Ketua DPR Minta Aparat Netral di tempat pemilihan gubernur 2024: Rakyat Harus Merdeka Memilih
JAKARTA – Ketua DPR Puan Maharani mengingatkan agar pemungutan ucapan Pemilihan Kepala Daerah Serentak 2024 yang mana akan berlangsung hari Rabu, 27 November besok, sanggup berjalan dengan jujur kemudian adil (Jurdil). Puan berharap, seluruh rakyat Indonesia mampu secara bebas memilih calon pemimpin dalam daerahnya.
“Pilkada merupakan salah satu wujud demokrasi di dalam Indonesia pada mana rakyat akan menentukan calon-calon pemimpin daerahnya. Ini adalah adalah momen pesta rakyat yang digunakan harus dijalani dengan gembira dan juga sukacita,” kata Puan, Selasa (26/11/2024).
Puan berpesan terhadap KPU juga Bawaslu agar dapat menyelenggarakan pilkada dengan baik. Puan meminta-minta untuk dapat memverifikasi semua proses Pemilihan Kepala Daerah yang akan dilangsungkan serentak di dalam 545 wilayah berjalan dengan lancar kemudian aman. “Pihak keamanan juga harus dapat menjamin stabilitas dalam setiap tempat yang mana menjalankan Pilkada,” ujarnya.
Puan berpesan agar semua pihak menjunjung tinggi etika urusan politik pada Pilkada. Ia juga menekankan pentingnya aparat menjaga netralitas pada pelaksanaan pilkada besok.
“Masyarakat menaruh harapan besar agar pilkada berjalan dengan jurdil. Kami berharap pihak-pihak yang mana berkepentingan menjaga komitmennya untuk memverifikasi pemilihan gubernur berlangsung dengan lancar,” tuturnya.
Puan mengutip data milik Komisi Aparatur Sipil Negara (KASN) yang tersebut mencatatkan ada 403 laporan terkait dugaan pelanggaran netralitas ASN, di tempat mana 183 dalam antaranya terbukti melakukan pelanggaran. Untuk itu, Puan menggerakkan publik untuk melapor apabila ada dugaan pelanggaran terkait netralitas aparat.

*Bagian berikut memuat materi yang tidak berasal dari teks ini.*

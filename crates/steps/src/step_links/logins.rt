//! What the value does with which a login ends: a player gets the link.
ghost use Rattle.std.specs.Prelude.{◌≡◌, ℕ, true, Some, IfOk, IsTrue, OnOk, codes};
ghost use Rattle.std.specs.Ordering.{int_eq};
ghost use Rattle.spec_value.specs.Datum.{no_data, item, list, object as object_value};
ghost use Rattle.spec_world.specs.World.{World};
ghost use Rattle.spec_world.specs.WellFormed.{is_connection};
ghost use Rattle.spec_world.specs.Links.{connection_object as connection_object_of};
ghost use Rattle.spec_world.specs.VerbsSought.{find_verb};
ghost use Rattle.spec_moo.specs.Pending.{done};
ghost use Rattle.spec_moo.specs.Scene.{Scene};
ghost use Rattle.spec_moo.specs.Steps.Running.{system};
ghost use Rattle.spec_moo.specs.Steps.Events.{login_value, logged_in, greeted, user_task, may_log_in as may_log_in_of, is_open_for as is_open_for_of, foreground_ticks};
ghost use Rattle.spec_ready.specs.Ready.{relinked};
ghost use Rattle.moo_task.specs.Deeds.{scene_of};
ghost use Rattle.moo_task.specs.declared.deeds.Deeds.{Deeds as TheDeeds};
ghost use Rattle.view.specs.Law.{Goes, Lasts, Tells};
ghost use Rattle.steps.specs.StepsPerformed.{HasValue};
ghost use Rattle.steps.specs.Ready.{AreReady};
ghost use Rattle.steps.specs.Accepting.{Accepts, has_player};

use crate::step_tasks::opening::{QUEUED_TICKS, tell_line};
use crate::step_tasks::system::{on_system, system_task};
use builtins_view::builtins_task::ids::{MOST_IDS, task_id};
use moo_task::deeds::Deeds;
use moo_task::running::Running;
use moo_task::task::Task;
use moo_value::text::Text;
use moo_value::value::{Shown, Value};
use rules::inherit::verb::FoundVerb;
use std::alloc::{AllocError, Global};
use step_deeds::links::close_connection_of;
use step_deeds::queue::enqueue;
use task_step::outcome::Ending;
use view::header::Header;
use view::law::View;
use view::link::Link;
use view::readers::{read_header, read_link, write_link};

/// The object of a connection on which nobody has logged in.
pub fn connection_object(connection: i32) -> i32
    requires { IsTrue (is_connection connection) }
    ensures { result ≡ connection_object_of connection }
{
    -3 - connection
}

/// Whether a link's person is the object of its connection: nobody has logged in on it.
pub fn is_nobodys(connection: i32, person: i32) -> bool
    requires { IsTrue (is_connection connection) }
    ensures { result ≡ int_eq person (connection_object_of connection) }
{
    person == connection_object(connection)
}

/// What the value does with which a login ends.
pub fn accept<V: View>(
    alloc: Global,
    view: &mut V,
    deeds: &mut Deeds,
    connection: i32,
    ending: &Ending,
) -> Result<(), AllocError>
    requires home { V.holds view.old (V.home view.old) }
    requires ready { HasValue ending.now → AreReady V.holds V.now view.old deeds.old }
    requires connection { IsTrue (is_connection connection) }
    ensures lasts { Lasts V.holds V.home V.anchor view.old view.new result }
    ensures accepts { OnOk result (Goes V.holds V.now view.old view.new (λ before after. Accepts connection ending.now deeds.old before deeds.new after)) }
{
    match ending {
        Ending::Value(value) => {
            accept_value(alloc, view, deeds, connection, value)?;
            Ok(())
        }
        _ => Ok(()),
    }
}

// What a value does: that of a player logs in.
fn accept_value<V: View>(
    alloc: Global,
    view: &mut V,
    deeds: &mut Deeds,
    connection: i32,
    value: &Value,
) -> Result<(), AllocError>
    requires home { V.holds view.old (V.home view.old) }
    requires ready { AreReady V.holds V.now view.old deeds.old }
    requires connection { IsTrue (is_connection connection) }
    ensures lasts { Lasts V.holds V.home V.anchor view.old view.new result }
    ensures left { OnOk result (Goes V.holds V.now view.old view.new
        (λ before after. (t : ℕ) → scene_of deeds.new after t ≡ login_value (scene_of deeds.old before t) connection (done value.now))) }
{
    match value.shown() {
        Shown::Object(object) => accept_object(alloc, view, deeds, connection, object),
        _ => Ok(()),
    }
}

// An object logs in, if it may.
fn accept_object<V: View>(
    alloc: Global,
    view: &mut V,
    deeds: &mut Deeds,
    connection: i32,
    object: i32,
) -> Result<(), AllocError>
    requires home { V.holds view.old (V.home view.old) }
    requires ready { AreReady V.holds V.now view.old deeds.old }
    requires connection { IsTrue (is_connection connection) }
    ensures lasts { Lasts V.holds V.home V.anchor view.old view.new result }
    ensures left { OnOk result (Goes V.holds V.now view.old view.new
        (λ before after. (t : ℕ) → scene_of deeds.new after t ≡ login_value (scene_of deeds.old before t) connection (done (object_value object)))) }
{
    let may = may_log_in(view, connection, object)?;
    if !may {
        return Ok(());
    }
    log_player_in(alloc, view, deeds, connection, object)
}

// Whether the link is still there, and nobody's, and the object is a player.
fn may_log_in<V: View>(view: &mut V, connection: i32, object: i32) -> Result<bool, AllocError>
    requires home { V.holds view.old (V.home view.old) }
    requires connection { IsTrue (is_connection connection) }
    ensures lasts { Lasts V.holds V.home V.anchor view.old view.new result }
    ensures left { IfOk result (λ b. Tells V.holds V.now view.old view.new (λ w. (d : TheDeeds) (t : ℕ) → may_log_in_of (scene_of d w t) connection object ≡ b)) }
{
    let header = read_header(view, object)?;
    let player = is_player(&header);
    if !player {
        return Ok(false);
    }
    let link = read_link(view, connection)?;
    let nobodys = connection_object(connection);
    let open = is_open_for(&link, nobodys);
    Ok(open)
}

fn is_player(header: &Option<Header>) -> bool
    ensures { result ≡ has_player header.now }
{
    match header {
        Some(header) => header.is_player,
        None => false,
    }
}

fn is_open_for(link: &Option<Link>, object: i32) -> bool
    ensures { result ≡ is_open_for_of link.now object }
{
    match link {
        Some(link) => link.person == object,
        None => false,
    }
}

// The player has the link, and is greeted.
fn log_player_in<V: View>(
    alloc: Global,
    view: &mut V,
    deeds: &mut Deeds,
    connection: i32,
    player: i32,
) -> Result<(), AllocError>
    requires home { V.holds view.old (V.home view.old) }
    requires ready { AreReady V.holds V.now view.old deeds.old }
    requires may { (w : World) → V.holds view.old w → may_log_in_of (scene_of deeds.old (V.now view.old w) foreground_ticks) connection player ≡ true }
    ensures lasts { Lasts V.holds V.home V.anchor view.old view.new result }
    ensures left { OnOk result (Goes V.holds V.now view.old view.new
        (λ before after. (t : ℕ) → scene_of deeds.new after t ≡ logged_in (scene_of deeds.old before t) connection player)) }
{
    relink(alloc, view, deeds, connection, player)?;
    greet(alloc, view, deeds, player)
}

// The player has the link, and any older one is closed.
fn relink<V: View>(
    alloc: Global,
    view: &mut V,
    deeds: &mut Deeds,
    connection: i32,
    player: i32,
) -> Result<(), AllocError>
    requires home { V.holds view.old (V.home view.old) }
    requires ready { AreReady V.holds V.now view.old deeds.old }
    requires may { (w : World) → V.holds view.old w → may_log_in_of (scene_of deeds.old (V.now view.old w) foreground_ticks) connection player ≡ true }
    ensures lasts { Lasts V.holds V.home V.anchor view.old view.new result }
    ensures ready { OnOk result (AreReady V.holds V.now view.new deeds.new) }
    ensures left { OnOk result (Goes V.holds V.now view.old view.new
        (λ before after. (t : ℕ) → scene_of deeds.new after t ≡ relinked (scene_of deeds.old before t) connection player)) }
{
    close_connection_of(view, deeds, player)?;
    write_link(view, connection, Some(Link::new(player)))?;
    tell_line(alloc, deeds, connection, "*** Connected ***")
}

// `#0:user_connected` is queued, if it is there and the step has an id left.
fn greet<V: View>(
    alloc: Global,
    view: &mut V,
    deeds: &mut Deeds,
    player: i32,
) -> Result<(), AllocError>
    requires home { V.holds view.old (V.home view.old) }
    requires ready { AreReady V.holds V.now view.old deeds.old }
    ensures lasts { Lasts V.holds V.home V.anchor view.old view.new result }
    ensures left { OnOk result (Goes V.holds V.now view.old view.new (λ before after. (t : ℕ)
        → scene_of deeds.new after t ≡ greeted (scene_of deeds.old before t) player (find_verb before system (codes "user_connected")))) }
{
    let found = on_system(view, "user_connected")?;
    match found {
        Some(found) => queue_greeting(alloc, view, deeds, player, &found),
        None => Ok(()),
    }
}

// The verb that was found is queued, if the step has an id left.
fn queue_greeting<V: View>(
    alloc: Global,
    view: &mut V,
    deeds: &mut Deeds,
    player: i32,
    found: &FoundVerb,
) -> Result<(), AllocError>
    requires home { V.holds view.old (V.home view.old) }
    ensures lasts { Lasts V.holds V.home V.anchor view.old view.new result }
    ensures left { OnOk result (Goes V.holds V.now view.old view.new (λ before after. (t : ℕ)
        → scene_of deeds.new after t ≡ greeted (scene_of deeds.old before t) player (Some found.now))) }
{
    if deeds.ids_used >= MOST_IDS {
        return Ok(());
    }
    let id = task_id(deeds.number, deeds.ids_used)?;
    let task = greeting(alloc, deeds.moment, player, found)?;
    deeds.ids_used += 1;
    enqueue(view, deeds, id, task)
}

// The task that greets a player, due at a moment.
fn greeting(alloc: Global, moment: u32, player: i32, found: &FoundVerb) -> Result<Task, AllocError>
    ensures { IfOk result (λ task. (s : Scene) → s.moment ≡ moment → task ≡ user_task s player found.now) }
{
    let argstr = Text::from_str(alloc, "")?;
    let arguments = one_object(alloc, player)?;
    let running = system_task(
        alloc,
        player,
        "user_connected",
        argstr,
        arguments,
        found,
        QUEUED_TICKS,
    )?;
    let Running {
        player: _,
        frame,
        outer: _,
    } = running;
    let task = Task::forked(alloc, player, moment, frame)?;
    Ok(task)
}

/// A list of one object.
pub fn one_object(alloc: Global, object: i32) -> Result<Value, AllocError>
    ensures { IfOk result (λ v. v ≡ list (item (object_value object) no_data)) }
{
    let mut items = Vec::new(alloc);
    items.push(Value::object(object))?;
    Value::list(items)
}
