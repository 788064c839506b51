//! Copies of answers.
ghost use Rattle.std.specs.Prelude.{◌≡◌, IfOk};
ghost use Rattle.view.specs.Meanings.{answer_of};

use std::alloc::{AllocError, Global};
use view::lists::Players;
use view::question::Answer;
use view::slot::Slot;

/// The same answer once more. What an answer shares with others has one more owner.
#[inline(always)]
pub(crate) fn copied(alloc: Global, answer: &Answer) -> Result<Answer, AllocError>
    ensures { IfOk result (λ a. answer_of a ≡ answer_of answer.now) }
{
    match answer {
        Answer::Header(header) => Ok(Answer::Header(header.as_ref().cloned()?)),
        Answer::Children(children) => Ok(Answer::Children(children.as_ref().cloned()?)),
        Answer::Contents(contents) => Ok(Answer::Contents(contents.as_ref().cloned()?)),
        Answer::Defines(names) => Ok(Answer::Defines(names.as_ref().cloned()?)),
        Answer::Slot(slot) => Ok(Answer::Slot(copied_slot(slot)?)),
        Answer::Verbs(verbs) => Ok(Answer::Verbs(verbs.as_ref().cloned()?)),
        Answer::Task(task) => Ok(Answer::Task(task.as_ref().cloned()?)),
        Answer::Waiting(ids) => Ok(Answer::Waiting(ids.clone()?)),
        Answer::Link(link) => Ok(Answer::Link(link.as_ref().cloned()?)),
        Answer::Readers(ids) => Ok(Answer::Readers(ids.clone()?)),
        Answer::Connections(connections) => Ok(Answer::Connections(connections.clone()?)),
        Answer::Connected(players) => Ok(Answer::Connected(copied_players(alloc, players)?)),
        Answer::Greatest(object) => Ok(Answer::Greatest(*object)),
        Answer::Ending(ending) => Ok(Answer::Ending(*ending)),
    }
}

// The same slot once more, or that there is none.
fn copied_slot(slot: &Option<Option<Slot>>) -> Result<Option<Option<Slot>>, AllocError>
    ensures { IfOk result (λ s. s ≡ slot.now) }
{
    match slot {
        Some(Some(slot)) => Ok(Some(Some(slot.clone()?))),
        Some(None) => Ok(Some(None)),
        None => Ok(None),
    }
}

// The same players once more.
#[inline(never)]
fn copied_players(alloc: Global, players: &Players) -> Result<Players, AllocError>
    ensures { IfOk result (λ ps. ps ≡ players.now) }
{
    let items = Vec::from_slice(alloc, players.as_slice())?;
    Ok(Players::new(items))
}
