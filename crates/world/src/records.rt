//! Tables of records, by the numbers of objects and links.
ghost use Rattle.std.specs.Prelude.{◌≡◌, ◌↔◌, ◌<◌, ◌^◌, ◌*◌, ℕ, ℤ, pos, negsuc, true, false, IfOk, IfSome, OnOk, OnErr, IsTrue, is_some, None, option_map, MatchOption};
ghost use Rattle.std.specs.List.{AllByRecursion};
ghost use Rattle.std.specs.Ordering.{nat_cmp};
ghost use Rattle.spec_value.specs.Table.{at, with};
ghost use Rattle.spec_world.specs.Questions.{put_record as changed_record};
ghost use Rattle.world.specs.Numbered.{numbered};
ghost use Rattle.world.specs.Picked.{changed};
ghost use Rattle.world.specs.Revised.{RevisesRecord};

use moo_task::task::Task;
use std::alloc::AllocError;
use view::header::Header;
use view::link::Link;
use view::lists::{Names, Objects};
use view::object::Object;
use view::slot::Slot;
use view::verb::Verbs;
use world_table::Table;
use world_table::revision::Revision;

/// The greatest number that an object or a link may have.
pub(crate) const LAST_NUMBER: u64 = 999_999;

/// The record of a number.
#[tactic(auto, using(crate::proofs::Maps::at_positive, crate::proofs::Maps::at_negative))]
pub(crate) fn record_at<R: Drop>(records: &Table<R, 4>, number: i32) -> Option<&R>
    ensures { option_map (λ r. r.now) result ≡ at (numbered records.now.entries) number }
{
    match number_key(number) {
        Some(key) => records.get(key),
        None => None,
    }
}

/// Another record for a number that has one. After an `Err` the table is as it was.
#[tactic(auto, using(crate::proofs::Maps::at_positive, crate::proofs::Maps::at_negative, crate::proofs::Maps::with_positive))]
pub(crate) fn put_record<R: Drop>(
    records: &mut Table<R, 4>,
    number: i32,
    value: R,
) -> Result<(), AllocError>
    requires { IsTrue (is_some (at (numbered records.old.entries) number)) }
    ensures ok { OnOk result (numbered records.new.entries ≡ with (numbered records.old.entries) number value) }
    ensures err { OnErr result (records.new ≡ records.old) }
{
    let _known = records.len();
    match number_key(number) {
        Some(key) => records.put(key, value),
        None => unreachable!(),
    }
}

/// Another record for a number, or none: only numbers from 0 to 999,999 are given. After an `Err` the table is as it was.
#[tactic(auto, using(crate::proofs::Maps::with_positive, crate::proofs::Maps::without_positive, crate::proofs::Maps::without_negative))]
pub(crate) fn set_record<R: Drop>(
    records: &mut Table<R, 4>,
    number: i32,
    value: Option<R>,
) -> Result<(), AllocError>
    ensures ok { OnOk result (numbered records.new.entries ≡ changed_record (numbered records.old.entries) number value) }
    ensures err { OnErr result (records.new ≡ records.old) }
{
    match (number_key(number), value) {
        (Some(key), Some(value)) if key <= LAST_NUMBER => records.put(key, value),
        (Some(key), None) => records.remove(key),
        (_, _) => Ok(()),
    }
}

/// Another record for a key, or none. After an `Err` the table is as it was.
pub(crate) fn change_record<R: Drop, const LEVELS: u32>(
    records: &mut Table<R, LEVELS>,
    key: u64,
    value: Option<R>,
) -> Result<(), AllocError>
    requires { IfSome value (λ _. key < 2 ^ (5 * LEVELS)) }
    ensures ok { OnOk result (records.new.entries ≡ changed nat_cmp key value records.old.entries) }
    ensures err { OnErr result (records.new ≡ records.old) }
{
    match value {
        Some(value) => records.put(key, value),
        None => records.remove(key),
    }
}

/// Changes the record of a number where it lies, and answers whether it did: it does not where there is none, nor where other records share it.
pub(crate) fn revise_record<R: Drop, E: Revision<R>>(
    records: &mut Table<R, 4>,
    number: i32,
    revision: &E,
) -> Result<bool, AllocError>
    ensures done { IfOk result (λ b. b ≡ true → RevisesRecord (E.makes revision.now) number (numbered records.old.entries) (numbered records.new.entries)) }
    ensures left { IfOk result (λ b. b ≡ false → records.new ≡ records.old) }
    ensures err { OnErr result (records.new ≡ records.old) }
{
    let Some(key) = number_key(number) else {
        return Ok(false);
    };
    if key > LAST_NUMBER {
        return Ok(false);
    }
    let done = records.revise(key, revision)?;
    Ok(done)
}

/// The key of a number, unless it is negative.
pub(crate) fn number_key(number: i32) -> Option<u64>
    ensures { MatchOption result ((n : ℕ) × (number ≡ negsuc n)) (λ k. number ≡ pos k) }
{
    if number < 0 {
        return None;
    }
    Some(number as u64)
}

/// The number that has a key.
pub(crate) fn number_of(key: u64) -> i32
    requires { key < 1048576 }
    ensures { result ≡ pos key }
{
    key as i32
}

/// A record that can be compared.
pub(crate) trait Compared {
    /// Whether two records are the same. It takes no memory.
    fn is_same(&self, other: &Self) -> bool
        ensures { IsTrue result ↔ self.now ≡ other.now };
}

impl Compared for Object {
    fn is_same(&self, other: &Object) -> bool {
        self.same(other)
    }
}

impl Compared for Link {
    fn is_same(&self, other: &Link) -> bool {
        self.same(other)
    }
}

impl Compared for Task {
    fn is_same(&self, other: &Task) -> bool {
        self.same(other)
    }
}

impl Compared for Header {
    fn is_same(&self, other: &Header) -> bool {
        self.same(other)
    }
}

impl Compared for Objects {
    fn is_same(&self, other: &Objects) -> bool {
        self.same(other)
    }
}

impl Compared for Names {
    fn is_same(&self, other: &Names) -> bool {
        self.same(other)
    }
}

impl Compared for Slot {
    fn is_same(&self, other: &Slot) -> bool {
        self.same(other)
    }
}

impl Compared for Verbs {
    fn is_same(&self, other: &Verbs) -> bool {
        self.same(other)
    }
}

impl Compared for i32 {
    fn is_same(&self, other: &i32) -> bool {
        *self == *other
    }
}

impl Compared for (i32, i32) {
    fn is_same(&self, other: &(i32, i32)) -> bool {
        self.0 == other.0 && self.1 == other.1
    }
}

/// Whether two tables have the same records for the same numbers. It takes no memory.
#[tactic(auto, using(crate::proofs::Walks::same_numbered))]
pub(crate) fn same_records<R: Compared + Drop>(a: &Table<R, 4>, b: &Table<R, 4>) -> bool
    ensures { IsTrue result ↔ numbered a.now.entries ≡ numbered b.now.entries }
{
    let _within = a.len();
    same_entries(a, b)
}

/// Whether two tables have the same entries. It takes no memory.
pub(crate) fn same_entries<R: Compared + Drop, const LEVELS: u32>(
    a: &Table<R, LEVELS>,
    b: &Table<R, LEVELS>,
) -> bool
    requires { AllByRecursion (λ e. e.0 < 4294967296) a.now.entries }
    ensures { IsTrue result ↔ a.now.entries ≡ b.now.entries }
{
    let _sorted = (a.len(), b.len());
    let mut key = 0;
    while let Some((number, record)) = a.next_from(key) {
        let Some((other_number, other)) = b.next_from(key) else {
            return false;
        };
        if number != other_number || !record.is_same(other) {
            return false;
        }
        key = number + 1;
    }
    b.next_from(key).is_none()
}
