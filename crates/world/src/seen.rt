//! What was read of a snapshot.
ghost use Rattle.std.specs.Prelude.{◌≡◌, [], map, MatchOption};
ghost use Rattle.world.specs.Seen.{read_on};

use crate::draft::Draft;
use crate::noted::Noted;
use crate::shared::SharedSnapshot;
use std::marker::Model;

/// What was read of a snapshot: the questions, in the order in which they were asked, and the snapshot, which has their answers. So no answer has one more
/// owner because it was read. Where nothing was asked, there is no snapshot.
#[derive(Drop)]
pub struct Seen {
    pub(crate) home: Option<SharedSnapshot>,
    pub(crate) notes: Vec<Noted>,
}

impl Model for Seen {
    ghost use Rattle.std.specs.Prelude.{List};
    ghost use Rattle.std.specs.Coded.{coded_list};
    ghost use Rattle.spec_world.specs.Questions.{Read};
    ghost use Rattle.view.specs.QuestionCode.{read_code};
    ghost use Rattle.world.specs.Seen.{seen_of};

    ghost Value = { List Read };

    ghost coded = { coded_list read_code };

    ghost view = { λ a. seen_of a.home a.notes.items };
}

impl Seen {
    /// The records of the snapshot, and the questions. None where nothing was asked.
    pub(crate) fn parts(&self) -> Option<(&Draft, &[Noted])>
        ensures { MatchOption result (self.now ≡ []) (λ r. map (read_on r.0.now) r.1.now ≡ self.now) }
    {
        let home = self.home.as_ref()?;
        Some((home.records(), self.notes.as_slice()))
    }
}
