//! What is chosen of the records of a table.
ghost use Rattle.std.specs.Prelude.{◌≡◌, ◌↔◌, ◌<◌, ◌≤◌, ℕ, Option, Some, None, IfOk, IsTrue, cond, pos, int_le, slice_get};
ghost use Rattle.std.specs.List.{AllByRecursion};
ghost use Rattle.std.specs.Ordering.{int_eq};
ghost use Rattle.world.specs.Numbered.{signed_key};
ghost use Rattle.world.specs.Picked.{chosen};

use crate::records::Compared;
use crate::tasks::id_of;
use moo_task::task::Task;
use std::alloc::{AllocError, Global};
use view::link::Link;
use world_table::Table;

/// Something of some records.
pub(crate) trait Choice<R, T> {
    /// The keys are below it.
    ghost bound: { Self → ℕ };

    /// What is chosen of the record of a key, if anything is.
    ghost picks: { Self → ℕ → R → Option T };

    fn choose(&self, key: u64, found: &R) -> Option<T>
        requires { key < bound self.now }
        ensures { result ≡ picks self.now key found.now };
}

/// The ids of all tasks.
#[derive(Clone, Copy)]
pub(crate) struct AllIds;

impl Choice<Task, i32> for AllIds {
    ghost bound = { λ _. 4294967296 };

    ghost picks = { λ _ k _. Some (signed_key k) };

    fn choose(&self, key: u64, _found: &Task) -> Option<i32> {
        Some(id_of(key))
    }
}

/// The numbers of all objects, or of all links.
#[derive(Clone, Copy)]
pub(crate) struct AllNumbers;

impl<R> Choice<R, i32> for AllNumbers {
    ghost bound = { λ _. 1048576 };

    ghost picks = { λ _ k _. Some (pos k) };

    fn choose(&self, key: u64, _found: &R) -> Option<i32> {
        Some(key as i32)
    }
}

/// The ids of the tasks that read on a connection, of the connections by the ids of their readers.
#[derive(Clone, Copy)]
pub(crate) struct ReadersOf {
    pub(crate) connection: i32,
}

impl Choice<i32, i32> for ReadersOf {
    ghost bound = { λ _. 4294967296 };

    ghost picks = { λ s k c. cond (int_eq s.connection c) (Some (signed_key k)) None };

    fn choose(&self, key: u64, connection: &i32) -> Option<i32> {
        if self.connection == *connection {
            Some(id_of(key))
        } else {
            None
        }
    }
}

/// The numbers of the links on which players have logged in, with the players.
#[derive(Clone, Copy)]
pub(crate) struct LoggedIn;

impl Choice<Link, (i32, i32)> for LoggedIn {
    ghost bound = { λ _. 1048576 };

    ghost picks = { λ _ k l. cond (int_le (pos 0) l.person) (Some (pos k, l.person)) None };

    fn choose(&self, key: u64, link: &Link) -> Option<(i32, i32)> {
        if 0 <= link.person {
            Some((key as i32, link.person))
        } else {
            None
        }
    }
}

/// All that is chosen of a table, in the order of its keys.
pub(crate) fn gather<R: Drop, T: Drop, C: Choice<R, T>, const LEVELS: u32>(
    alloc: Global,
    records: &Table<R, LEVELS>,
    choice: &C,
) -> Result<Vec<T>, AllocError>
    requires bound { C.bound choice.now ≤ 4294967296 }
    requires keys { AllByRecursion (λ e. e.0 < C.bound choice.now) records.now.entries }
    ensures { IfOk result (λ items. items.items ≡ chosen (C.picks choice.now) records.now.entries) }
{
    let _sorted = records.len();
    let mut items = Vec::new(alloc);
    let mut key = 0;
    while let Some((number, record)) = records.next_from(key) {
        if let Some(item) = choice.choose(number, record) {
            items.push(item)?;
        }
        key = number + 1;
    }
    Ok(items)
}

/// Whether this is all that is chosen of a table, in the order of its keys. It takes no memory.
pub(crate) fn is_gathered<R: Drop, T: Compared + Drop, C: Choice<R, T>, const LEVELS: u32>(
    records: &Table<R, LEVELS>,
    choice: &C,
    items: &[T],
) -> bool
    requires bound { C.bound choice.now ≤ 4294967296 }
    requires keys { AllByRecursion (λ e. e.0 < C.bound choice.now) records.now.entries }
    ensures { IsTrue result ↔ chosen (C.picks choice.now) records.now.entries ≡ items.now }
{
    let _sorted = records.len();
    let mut count = 0;
    let mut key = 0;
    while let Some((number, record)) = records.next_from(key) {
        if let Some(item) = choice.choose(number, record) {
            if !is_at(items, count, &item) {
                return false;
            }
            count += 1;
        }
        key = number + 1;
    }
    count == items.len()
}

/// Whether this item is there at a place.
pub(crate) fn is_at<T: Compared>(items: &[T], place: usize, item: &T) -> bool
    ensures { IsTrue result ↔ slice_get items.now place ≡ Some item.now }
{
    place < items.len() && items[place].is_same(item)
}
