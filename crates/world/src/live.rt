//! A view of the world itself.
ghost use Rattle.std.specs.Prelude.{◌≡◌, IfOk, OnOk};
ghost use Rattle.spec_world.specs.Questions.{ask, apply};
ghost use Rattle.view.specs.Meanings.{question_of, answer_of, change_of};
ghost use Rattle.view.specs.Law.{Goes, Keeps};
ghost use Rattle.world.specs.Forks.{start_of, changed_in, borrow_of};

use crate::draft::Draft;
use crate::fork::{Fork, Forked};
use moo_value::text::Text;
use std::alloc::AllocError;
use view::change::Change;
use view::law::View;
use view::question::{Answer, Question};
use view::slot::Slot;
use view::verb::Verbs;

/// A view of the world itself.
pub type Live<'w> = Fork<'w>;

impl<'w> View for Forked<'w, Draft> {
    ghost holds = { λ l w. w ≡ (start_of l).plain };

    ghost now = { λ l _. changed_in l };

    ghost home = { λ l. (start_of l).plain };

    ghost anchor = { λ l. (borrow_of l, (start_of l).opened) };

    fn get(&mut self, question: &Question) -> Result<Answer, AllocError> {
        self.ask(question)
    }

    fn slot(&mut self, object: i32, name: &Text) -> Result<Option<Slot>, AllocError> {
        self.records().own_slot(object, name)
    }

    fn parent(&mut self, object: i32) -> Result<Option<i32>, AllocError> {
        Ok(self.records().parent(object))
    }

    fn verbs(&mut self, object: i32) -> Result<Option<Verbs>, AllocError> {
        self.records().verbs(object).cloned()
    }

    fn put(&mut self, change: Change) -> Result<(), AllocError> {
        Forked::put(self, change)
    }
}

“TNI-Polri serta ASN harus teguh mengikuti aturan, netralitas harus dijaga. Publik sanggup melapor bila menemukan indikasi pelanggaran. Rekam juga foto untuk menjadi bukti. Partisipasi rakyat dibutuhkan untuk menjaga pesta demokrasi ini berjalan dengan berkualitas,” kata Puan.
Di sisi lain, Puan juga menggalakkan pasangan calon (paslon) dan juga partai-partai pendukungnya untuk meyakinkan Pemilihan Kepala Daerah dapat berjalan sesuai nilai-nilai demokrasi.